[PROVIDED MATERIAL Boundary: Start]
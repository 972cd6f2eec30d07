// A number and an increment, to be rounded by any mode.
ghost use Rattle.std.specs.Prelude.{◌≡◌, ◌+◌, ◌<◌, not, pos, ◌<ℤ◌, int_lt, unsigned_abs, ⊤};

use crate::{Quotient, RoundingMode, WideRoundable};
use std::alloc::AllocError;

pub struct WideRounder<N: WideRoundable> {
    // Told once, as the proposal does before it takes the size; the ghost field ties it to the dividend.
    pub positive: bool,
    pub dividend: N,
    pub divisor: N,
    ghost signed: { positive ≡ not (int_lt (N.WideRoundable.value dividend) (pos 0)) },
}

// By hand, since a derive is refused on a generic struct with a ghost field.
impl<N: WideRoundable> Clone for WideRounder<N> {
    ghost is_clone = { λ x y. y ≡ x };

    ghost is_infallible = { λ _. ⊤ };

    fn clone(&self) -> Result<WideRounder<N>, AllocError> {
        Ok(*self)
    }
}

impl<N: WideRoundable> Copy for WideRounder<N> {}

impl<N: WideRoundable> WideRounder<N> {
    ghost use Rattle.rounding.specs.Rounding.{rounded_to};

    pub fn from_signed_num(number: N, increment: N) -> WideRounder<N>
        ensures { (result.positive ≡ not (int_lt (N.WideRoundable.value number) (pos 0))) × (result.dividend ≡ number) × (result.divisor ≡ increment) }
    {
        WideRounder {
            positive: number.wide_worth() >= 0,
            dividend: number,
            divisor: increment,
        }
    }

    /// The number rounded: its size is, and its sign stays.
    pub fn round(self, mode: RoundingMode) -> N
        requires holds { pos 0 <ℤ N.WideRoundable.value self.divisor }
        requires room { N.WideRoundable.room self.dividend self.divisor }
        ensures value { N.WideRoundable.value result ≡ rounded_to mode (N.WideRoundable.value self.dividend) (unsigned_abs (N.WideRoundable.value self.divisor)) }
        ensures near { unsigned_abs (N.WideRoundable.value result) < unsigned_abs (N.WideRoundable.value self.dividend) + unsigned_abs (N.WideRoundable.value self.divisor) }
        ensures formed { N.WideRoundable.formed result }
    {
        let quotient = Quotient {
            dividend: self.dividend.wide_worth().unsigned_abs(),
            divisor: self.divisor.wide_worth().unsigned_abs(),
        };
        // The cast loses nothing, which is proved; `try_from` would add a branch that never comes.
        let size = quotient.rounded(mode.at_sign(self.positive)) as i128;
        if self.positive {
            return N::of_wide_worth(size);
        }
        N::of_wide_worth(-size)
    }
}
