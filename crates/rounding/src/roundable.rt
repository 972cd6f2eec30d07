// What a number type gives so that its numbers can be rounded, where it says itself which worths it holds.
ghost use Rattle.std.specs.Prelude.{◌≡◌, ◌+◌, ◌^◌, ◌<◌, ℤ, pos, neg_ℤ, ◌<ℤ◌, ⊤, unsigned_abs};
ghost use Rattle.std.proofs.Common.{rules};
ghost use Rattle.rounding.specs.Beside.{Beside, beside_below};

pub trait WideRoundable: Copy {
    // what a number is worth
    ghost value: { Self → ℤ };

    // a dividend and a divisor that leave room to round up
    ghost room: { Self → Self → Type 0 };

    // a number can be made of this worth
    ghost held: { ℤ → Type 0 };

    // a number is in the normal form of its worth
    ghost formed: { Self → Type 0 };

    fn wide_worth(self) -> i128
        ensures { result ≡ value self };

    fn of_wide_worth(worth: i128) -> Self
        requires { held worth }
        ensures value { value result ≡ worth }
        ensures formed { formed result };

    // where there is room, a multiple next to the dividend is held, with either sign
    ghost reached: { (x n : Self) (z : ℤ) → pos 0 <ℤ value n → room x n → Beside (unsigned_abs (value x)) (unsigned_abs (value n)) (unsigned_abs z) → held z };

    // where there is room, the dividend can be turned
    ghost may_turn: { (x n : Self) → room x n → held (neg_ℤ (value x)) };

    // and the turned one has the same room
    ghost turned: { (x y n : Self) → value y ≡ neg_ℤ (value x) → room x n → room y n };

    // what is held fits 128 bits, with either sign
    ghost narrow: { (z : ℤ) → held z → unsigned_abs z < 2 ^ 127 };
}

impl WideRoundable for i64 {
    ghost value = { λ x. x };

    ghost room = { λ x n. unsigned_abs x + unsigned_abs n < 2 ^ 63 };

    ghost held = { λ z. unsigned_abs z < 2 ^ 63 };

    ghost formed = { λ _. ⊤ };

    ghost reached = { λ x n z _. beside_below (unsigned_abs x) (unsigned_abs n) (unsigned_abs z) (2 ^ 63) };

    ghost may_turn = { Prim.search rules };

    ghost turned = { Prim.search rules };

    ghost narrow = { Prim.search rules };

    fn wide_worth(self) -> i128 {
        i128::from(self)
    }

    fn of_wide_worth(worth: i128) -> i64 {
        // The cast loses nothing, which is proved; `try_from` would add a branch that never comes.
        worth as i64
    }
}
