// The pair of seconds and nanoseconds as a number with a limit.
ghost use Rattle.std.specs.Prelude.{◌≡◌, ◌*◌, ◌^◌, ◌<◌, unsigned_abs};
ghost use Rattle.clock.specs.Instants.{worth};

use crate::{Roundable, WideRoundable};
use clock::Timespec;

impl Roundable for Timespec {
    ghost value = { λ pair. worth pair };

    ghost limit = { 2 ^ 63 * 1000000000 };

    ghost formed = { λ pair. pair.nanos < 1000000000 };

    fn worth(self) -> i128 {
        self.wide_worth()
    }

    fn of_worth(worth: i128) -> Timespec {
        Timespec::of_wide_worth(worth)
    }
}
[PROVIDED MATERIAL Boundary: End]
ACTIVITY> Would you copy out each line of the records above where the word "impl" occurs?

SOLUTION TO THIS PROBLEM>
impl<N: WideRoundable> Clone for WideRounder<N> {
impl<N: WideRoundable> Copy for WideRounder<N> {}
impl<N: WideRoundable> WideRounder<N> {
impl WideRoundable for i64 {
impl Roundable for Timespec {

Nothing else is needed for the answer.